HeatmapMHCRNNHead

class lightning_pose.models.heads.HeatmapMHCRNNHead

Bases: Module

Multi-head convolutional recurrent neural network head.

This head converts a sequence of 2D feature maps to per-keypoint heatmaps for the center frame. The head is composed of two heads: - single frame head: several deconvolutional layers followed by a 2D spatial softmax to

generate normalized heatmaps from low-resolution feature maps for a single frame.

  • multi-frame head: several deconvolutional layers are applied to each set of features in a temporal sequence; the resulting heatmaps are fed into a convolutional recurrent neural network to produce heatmaps for the center frame

Methods Summary

forward(features, batch_shape, is_multiview)

Handle context frames then upsample to get final heatmaps.

run_subpixelmaxima(heatmaps)

Methods Documentation

forward(features: Tensor, {'__torchtyping__': True, 'details': ('batch', 'features', 'rep_height', 'rep_width', 'frames'), 'cls_name': 'TensorType'}], batch_shape: tensor, is_multiview: bool) Tensor, {'__torchtyping__': True, 'details': ('batch', 'num_keypoints', 'heatmap_height', 'heatmap_width',), 'cls_name': 'TensorType'}]][source]
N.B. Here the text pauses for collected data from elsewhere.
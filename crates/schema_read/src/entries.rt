//! The entries of INSERT.
ghost use Rattle.std.specs.Prelude.{◌≡◌, map, option_map, IfOk};
ghost use Rattle.sql_value.specs.View.{plain_value};
ghost use Rattle.schema_read.specs.Entries as meant;

use crate::numbers::number_value;
use schema_model::Column;
use schema_text::{is_mark, is_word};
use sql_tokens::{Token, TokenKind, token_text, token_value};
use sql_value::{Memory, Value, convert};
use std::alloc::Global;

/// The value of a token: NULL, a text, a blob or a number without a sign.
fn plain_entry(alloc: Global, text: &[u8], token: Token) -> Result<Option<Value>, Memory>
    ensures { IfOk result (λ value. option_map plain_value value
        ≡ meant.token_entry text.now token) }
{
    match token.kind {
        TokenKind::Text => Ok(Some(Value::Text(token_value(alloc, text, token)?))),
        TokenKind::Blob => Ok(Some(Value::Blob(token_value(alloc, text, token)?))),
        TokenKind::Number => number_value(alloc, false, token_text(text, token)),
        TokenKind::Word => {
            if is_word(text, b"null", token) {
                Ok(Some(Value::Null))
            } else {
                Ok(None)
            }
        }
        _ => Ok(None),
    }
}

fn number_entry(
    alloc: Global,
    text: &[u8],
    negative: bool,
    token: Token,
) -> Result<Option<Value>, Memory>
    ensures { IfOk result (λ value. option_map plain_value value
        ≡ meant.number_entry text.now negative token) }
{
    match token.kind {
        TokenKind::Number => number_value(alloc, negative, token_text(text, token)),
        _ => Ok(None),
    }
}

/// The value of a number behind its sign.
fn signed_entry(
    alloc: Global,
    text: &[u8],
    sign: Token,
    token: Token,
) -> Result<Option<Value>, Memory>
    ensures { IfOk result (λ value. option_map plain_value value
        ≡ meant.signed_entry text.now sign token) }
{
    if is_mark(text, b'-', sign) {
        number_entry(alloc, text, true, token)
    } else if is_mark(text, b'+', sign) {
        number_entry(alloc, text, false, token)
    } else {
        Ok(None)
    }
}

/// The value of an entry: NULL, a text, a blob, or a number with a sign or without. Anything else,
/// such as a call of a function, has none.
pub(crate) fn entry_value(
    alloc: Global,
    text: &[u8],
    part: &[Token],
) -> Result<Option<Value>, Memory>
    ensures { IfOk result (λ value. option_map plain_value value
        ≡ meant.entry_value text.now part.now) }
{
    match part {
        [only] => plain_entry(alloc, text, *only),
        [sign, number] => signed_entry(alloc, text, *sign, *number),
        _ => Ok(None),
    }
}

/// The value of an entry as its column holds it.
fn column_value(
    alloc: Global,
    text: &[u8],
    column: &Column,
    part: &[Token],
) -> Result<Option<Value>, Memory>
    ensures { IfOk result (λ value. option_map plain_value value
        ≡ meant.column_value text.now column.now part.now) }
{
    match entry_value(alloc, text, part)? {
        Some(value) => Ok(Some(convert(alloc, column.affinity, value)?)),
        None => Ok(None),
    }
}

/// The values of a row, converted by its columns: none where there are more or fewer entries than
/// columns, or an entry has no value.
pub(crate) fn row_values(
    alloc: Global,
    text: &[u8],
    columns: &[Column],
    parts: &[&[Token]],
) -> Result<Option<Vec<Value>>, Memory>
    ensures { IfOk result (λ values. option_map (λ v. map plain_value v.items) values
        ≡ meant.row_values text.now columns.now (map (λ part. part.now) parts.now)) }
{
    if columns.len() != parts.len() {
        return Ok(None);
    }
    let mut values = Vec::with_capacity(alloc, columns.len())?;
    for (number, column) in columns.iter().enumerate() {
        match column_value(alloc, text, column, parts[number])? {
            Some(value) => values.push(value)?,
            None => return Ok(None),
        }
    }
    Ok(Some(values))
}
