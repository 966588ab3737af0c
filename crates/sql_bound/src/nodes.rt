//! One maker for each form of a bound expression that has parts: it places them, and says which
//! expression results.
ghost use Rattle.std.specs.Prelude.{◌≡◌, IfOk, option_map, map};
ghost use Rattle.sql_meaning.specs.Expressions as meant;
ghost use Rattle.sql_value.specs.View.{plain_affinity, plain_collation};
ghost use Rattle.sql_bound.specs.Expressions.{expr_of, exprs, plain_op};

use crate::BExpr;
use crate::placing::place_list;
use bumpalo::Bump;
use sql_tree::{Op, place};
use sql_value::{Affinity, Collation, Conversions, Memory};

/// Unary `+`.
pub fn plus<'a>(arena: &'a Bump, inner: BExpr<'a>) -> Result<BExpr<'a>, Memory>
    ensures { IfOk result (λ made. expr_of made ≡ meant.Plus (expr_of inner.entry)) }
{
    Ok(BExpr::Plus(place(arena, inner)?))
}

/// An expression under a collation.
pub fn collate<'a>(arena: &'a Bump, inner: BExpr<'a>, coll: Collation) -> Result<BExpr<'a>, Memory>
    ensures { IfOk result (λ made.
        expr_of made ≡ meant.Collate (expr_of inner.entry) (plain_collation coll)) }
{
    Ok(BExpr::Collate(place(arena, inner)?, coll))
}

/// A comparison of two expressions, with what is applied to each and their collation.
pub fn cmp<'a>(
    arena: &'a Bump,
    op: Op,
    left: BExpr<'a>,
    right: BExpr<'a>,
    conv: Conversions,
    coll: Collation,
) -> Result<BExpr<'a>, Memory>
    ensures { IfOk result (λ made. expr_of made
        ≡ meant.Cmp (plain_op op) (expr_of left.entry) (expr_of right.entry)
        (option_map plain_affinity conv.left) (option_map plain_affinity conv.right)
        (plain_collation coll)) }
{
    Ok(BExpr::Cmp {
        op,
        left: place(arena, left)?,
        right: place(arena, right)?,
        conv,
        coll,
    })
}

/// `left IN (entries)`, or its NOT form, with what is applied to each entry and their collation.
#[tactic(auto, using(crate::proofs::Members::seen_lists))]
pub fn one_of<'a>(
    arena: &'a Bump,
    negated: bool,
    left: BExpr<'a>,
    entries: &[BExpr<'a>],
    conv: Option<Affinity>,
    coll: Collation,
) -> Result<BExpr<'a>, Memory>
    ensures { IfOk result (λ made. expr_of made
        ≡ meant.OneOf negated (expr_of left.entry) (exprs (map expr_of entries.now))
        (option_map plain_affinity conv) (plain_collation coll)) }
{
    Ok(BExpr::OneOf {
        not: negated,
        left: place(arena, left)?,
        entries: place_list(arena, entries)?,
        conv,
        coll,
    })
}

/// `left LIKE pattern`, or its NOT form.
pub fn like<'a>(
    arena: &'a Bump,
    negated: bool,
    left: BExpr<'a>,
    pattern: BExpr<'a>,
) -> Result<BExpr<'a>, Memory>
    ensures { IfOk result (λ made.
        expr_of made ≡ meant.Like negated (expr_of left.entry) (expr_of pattern.entry)) }
{
    Ok(BExpr::Like(negated, place(arena, left)?, place(arena, pattern)?))
}

/// `inner IS NULL`, or `inner IS NOT NULL`.
pub fn is_null<'a>(arena: &'a Bump, negated: bool, inner: BExpr<'a>) -> Result<BExpr<'a>, Memory>
    ensures { IfOk result (λ made. expr_of made ≡ meant.IsNull negated (expr_of inner.entry)) }
{
    Ok(BExpr::IsNull(negated, place(arena, inner)?))
}

/// NOT.
pub fn not<'a>(arena: &'a Bump, inner: BExpr<'a>) -> Result<BExpr<'a>, Memory>
    ensures { IfOk result (λ made. expr_of made ≡ meant.Not (expr_of inner.entry)) }
{
    Ok(BExpr::Not(place(arena, inner)?))
}

/// The members joined by AND.
#[tactic(auto, using(crate::proofs::Members::seen_lists))]
pub fn all<'a>(arena: &'a Bump, members: &[BExpr<'a>]) -> Result<BExpr<'a>, Memory>
    ensures { IfOk result (λ made. expr_of made ≡ meant.All (exprs (map expr_of members.now))) }
{
    Ok(BExpr::All(place_list(arena, members)?))
}

/// The members joined by OR.
#[tactic(auto, using(crate::proofs::Members::seen_lists))]
pub fn any<'a>(arena: &'a Bump, members: &[BExpr<'a>]) -> Result<BExpr<'a>, Memory>
    ensures { IfOk result (λ made. expr_of made ≡ meant.Any (exprs (map expr_of members.now))) }
{
    Ok(BExpr::Any(place_list(arena, members)?))
}
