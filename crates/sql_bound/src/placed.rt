//! The items that are placed, as the bits of a number: bit k stands for item k.
ghost use Rattle.std.specs.Prelude.{◌≡◌, ◌<◌, ℕ, List, [], ◌∷◌};
ghost use Rattle.sql_bound.specs.Naming.{IsPlaced, has_item};

/// The placed items with one more. Takes no memory.
pub fn with_item(placed: u64, item: u32) -> u64
    requires { item < 64 }
    ensures { (items : List ℕ) → IsPlaced placed items → IsPlaced result (item ∷ items) }
{
    placed | (1 << item)
}

/// A law: where no bit is set, no item is placed.
pub fn no_bit_is_no_item()
    ensures { IsPlaced 0 [] }
{}

/// Whether the item is placed.
pub(crate) fn is_placed(placed: u64, item: u32) -> bool
    ensures { result ≡ has_item placed item }
{
    item < 64 && (placed >> item) & 1 == 1
}
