//! The indexes that PRIMARY KEY and UNIQUE make (<https://sqlite.org/fileformat2.html>,
//! "Representation Of SQL Indices").
ghost use Rattle.std.specs.Prelude.{◌≡◌, ◌+◌, ◌<◌, ◌++◌, ◌∷◌, [], length, false, true, OnOk, IfOk};
ghost use Rattle.std.specs.List.{AllByRecursion};
ghost use Rattle.sql_meaning.specs.Letters.{folded_bytes};
ghost use Rattle.schema_model.specs.Schemas.{is_taken, with_index};
ghost use Rattle.schema_read.specs.Autoindexes as meant;

use crate::state::has_room;
use indexmap::IndexSet;
use schema_model::{Column, Index, IndexColumn, IndexColumns, Schema, add_index, name_taken};
use schema_text::{KeyColumn, KeyConstraint};
use sql_value::{Bytes, Collation, Items, Memory, fold};
use std::alloc::Global;
use std::marker::Model;

/// The collation of a column's own table, where a key names none.
fn collation_of(columns: &[Column], column: KeyColumn) -> Collation
    ensures { result ≡ meant.collation_of columns.now column }
{
    match column.coll {
        Some(coll) => coll,
        None => match columns.get(column.column as usize) {
            Some(own) => own.coll,
            None => Collation::Binary,
        },
    }
}

/// The columns of a key as those of an index.
pub(crate) fn index_columns(
    alloc: Global,
    columns: &[Column],
    key: &[KeyColumn],
) -> Result<IndexColumns, Memory>
    ensures { IfOk result (λ found. found ≡ meant.index_columns columns.now key.now) }
{
    let mut found = Items::new(alloc);
    for column in key {
        found.push(IndexColumn {
            column: column.column,
            coll: collation_of(columns, *column),
            desc: column.desc,
        })?;
    }
    Ok(found)
}

fn collation_number(coll: Collation) -> u32
    ensures { result ≡ meant.collation_number coll }
{
    match coll {
        Collation::Binary => 0,
        Collation::Nocase => 1,
        Collation::Rtrim => 2,
    }
}

/// The columns of an index and their collations, as numbers: what tells two keys apart.
fn shape_of(alloc: Global, columns: &[IndexColumn]) -> Result<Vec<u32>, Memory>
    ensures { IfOk result (λ shape. shape.items ≡ meant.shape_of columns.now) }
{
    let mut shape = Vec::new(alloc);
    for column in columns {
        append_shape(&mut shape, *column)?;
    }
    Ok(shape)
}

fn append_shape(shape: &mut Vec<u32>, column: IndexColumn) -> Result<(), Memory>
    ensures { OnOk result (shape.new.items ≡ shape.old.items ++ meant.column_shape column) }
{
    shape.push(column.column)?;
    Ok(shape.push(collation_number(column.coll))?)
}

/// The shapes of the keys so far, each found by one hash.
#[derive(Drop)]
pub(crate) struct Shapes {
    held: IndexSet<Vec<u32>>,
}

impl Model for Shapes {
    ghost use Rattle.std.specs.Prelude.{List, ℕ, map};

    ghost Value = { List (List ℕ) };

    ghost view = { λ shapes. map (λ key. key.items) shapes.held.keys };
}

impl Shapes {
    fn new(alloc: Global) -> Self
        ensures { result ≡ [] }
    {
        Shapes {
            held: IndexSet::new(alloc),
        }
    }

    fn has(&self, shape: &[u32]) -> bool
        ensures { result ≡ meant.has_shape shape.now self.now }
    {
        self.held.contains(shape)
    }

    fn add(&mut self, shape: Vec<u32>) -> Result<(), Memory>
        requires { meant.has_shape shape.items self.old ≡ false }
        ensures { OnOk result (self.new ≡ self.old ++ shape.items ∷ []) }
    {
        self.held.insert(shape)?;
        Ok(())
    }
}

/// The name of an index that a key makes.
fn autoindex_name(alloc: Global, table: &[u8], number: u64) -> Result<Bytes, Memory>
    ensures { IfOk result (λ name. name ≡ meant.autoindex_name table.now number) }
{
    let mut name = Bytes::copy(alloc, b"sqlite_autoindex_")?;
    name.append(table)?;
    name.append(b"_")?;
    let digits = format!(in alloc; "{number}")?;
    name.append(digits.as_bytes())?;
    Ok(name)
}

/// Whether the columns are among so many.
pub(crate) fn are_within(columns: &[IndexColumn], count: usize) -> bool
    ensures { result ≡ true → AllByRecursion (λ c. c.column < count) columns.now }
{
    for column in columns {
        if column.column as usize >= count {
            return false;
        }
    }
    true
}

/// Adds an index whose columns are there, under a name that isn't taken. The guards never hold: a
/// list of columns is shorter than the text, and its columns were found.
pub(crate) fn add_sound_index(
    alloc: Global,
    schema: &mut Schema,
    index: Index,
) -> Result<(), Memory>
    requires free { is_taken schema.old (folded_bytes index.name) ≡ false }
    requires table { index.table < length schema.old.tables }
    ensures { OnOk result (schema.new ≡ with_index schema.old index) }
{
    let count = schema.table(index.table).columns.as_slice().len();
    let columns = index.columns.as_slice();
    if !has_room(schema) || columns.len() >= 1 << 32 || !are_within(columns, count) {
        return Err(Memory);
    }
    add_index(alloc, schema, index)
}

/// Adds the index that a key makes, unless its name is taken.
fn add_autoindex(
    alloc: Global,
    schema: &mut Schema,
    table: u32,
    name: Bytes,
    columns: IndexColumns,
) -> Result<(), Memory>
    requires { table < length schema.old.tables }
    ensures same { OnOk result (schema.new ≡ meant.with_autoindex schema.old table name columns) }
    ensures tables { OnOk result (schema.new.tables ≡ schema.old.tables) }
{
    let folded = fold(alloc, name.as_slice())?;
    if name_taken(schema, folded.as_slice()) {
        return Ok(());
    }
    let index = Index {
        name,
        table,
        columns,
        unique: true,
        usable: true,
    };
    add_sound_index(alloc, schema, index)
}

/// Whether a key is on the rowid alone, so that it makes no index.
fn is_on_rowid(alias: Option<u32>, columns: &[KeyColumn]) -> bool
    ensures { result ≡ meant.is_on_rowid alias columns.now }
{
    match (alias, columns) {
        (Some(number), [only]) => only.column == number,
        _ => false,
    }
}

/// Adds the index of a key that has this shape, unless an earlier one has it.
fn add_shape(
    alloc: Global,
    schema: &mut Schema,
    number: u32,
    columns: IndexColumns,
    shapes: &mut Shapes,
    count: u64,
) -> Result<u64, Memory>
    requires { number < length schema.old.tables }
    ensures tables { OnOk result (schema.new.tables ≡ schema.old.tables) }
    ensures same { IfOk result (λ more. meant.autoindexes schema.new shapes.new more
        ≡ meant.add_shape number (meant.name_at schema.old number) columns
        (meant.shape_of columns) (meant.autoindexes schema.old shapes.old count)) }
{
    let shape = shape_of(alloc, columns.as_slice())?;
    if shapes.has(shape.as_slice()) {
        return Ok(count);
    }
    let Some(more) = count.checked_add(1) else {
        return Err(Memory);
    };
    shapes.add(shape)?;
    let name = autoindex_name(alloc, schema.table(number).name.as_slice(), more)?;
    add_autoindex(alloc, schema, number, name, columns)?;
    Ok(more)
}

/// Adds the index of a key to a table's, and answers how many there are, those too whose names were
/// taken: none on the rowid alone, and none where an earlier key has the same columns under the
/// same collations.
fn add_key(
    alloc: Global,
    schema: &mut Schema,
    number: u32,
    key: &KeyConstraint,
    shapes: &mut Shapes,
    count: u64,
) -> Result<u64, Memory>
    requires { number < length schema.old.tables }
    ensures tables { OnOk result (schema.new.tables ≡ schema.old.tables) }
    ensures same { IfOk result (λ more. meant.autoindexes schema.new shapes.new more
        ≡ meant.add_key number key.now (meant.autoindexes schema.old shapes.old count)) }
{
    let table = schema.table(number);
    if is_on_rowid(table.alias, key.columns.as_slice()) {
        return Ok(count);
    }
    let columns = index_columns(alloc, table.columns.as_slice(), key.columns.as_slice())?;
    add_shape(alloc, schema, number, columns, shapes, count)
}

/// Adds the indexes that the keys of a table make, in the order of the text.
pub(crate) fn add_autoindexes(
    alloc: Global,
    schema: &mut Schema,
    number: u32,
    keys: &[KeyConstraint],
) -> Result<(), Memory>
    requires { number < length schema.old.tables }
    ensures { OnOk result (schema.new ≡ meant.with_autoindexes schema.old number keys.now) }
{
    let mut shapes = Shapes::new(alloc);
    let mut count = 0;
    for key in keys {
        count = add_key(alloc, schema, number, key, &mut shapes, count)?;
    }
    Ok(())
}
Handle context frames then upsample to get final heatmaps.

Parameters:
  • features – outputs of backbone

  • batch_shape – identifies whether or not we need to do some reshaping

  • is_multiview – if batch has a view dimension

run_subpixelmaxima(heatmaps)[source]
__init__(backbone_arch: str, in_channels: int, out_channels: int, deconv_out_channels: int | None = None, downsample_factor: int = 2, upsampling_factor: int = 2)[source]
Parameters:
  • backbone_arch – string denoting backbone architecture; to remove in future release

  • in_channels – number of channels in the input feature map

  • out_channels – number of channels in the output heatmap (i.e. number of keypoints)

  • deconv_out_channels – output channel number for each intermediate deconv layer; defaults to number of keypoints

  • downsample_factor – make heatmaps smaller than input frames by this factor; subpixel operations are performed for increased precision

  • upsampling_factor – upsample features before feeding to crnn

__new__(**kwargs)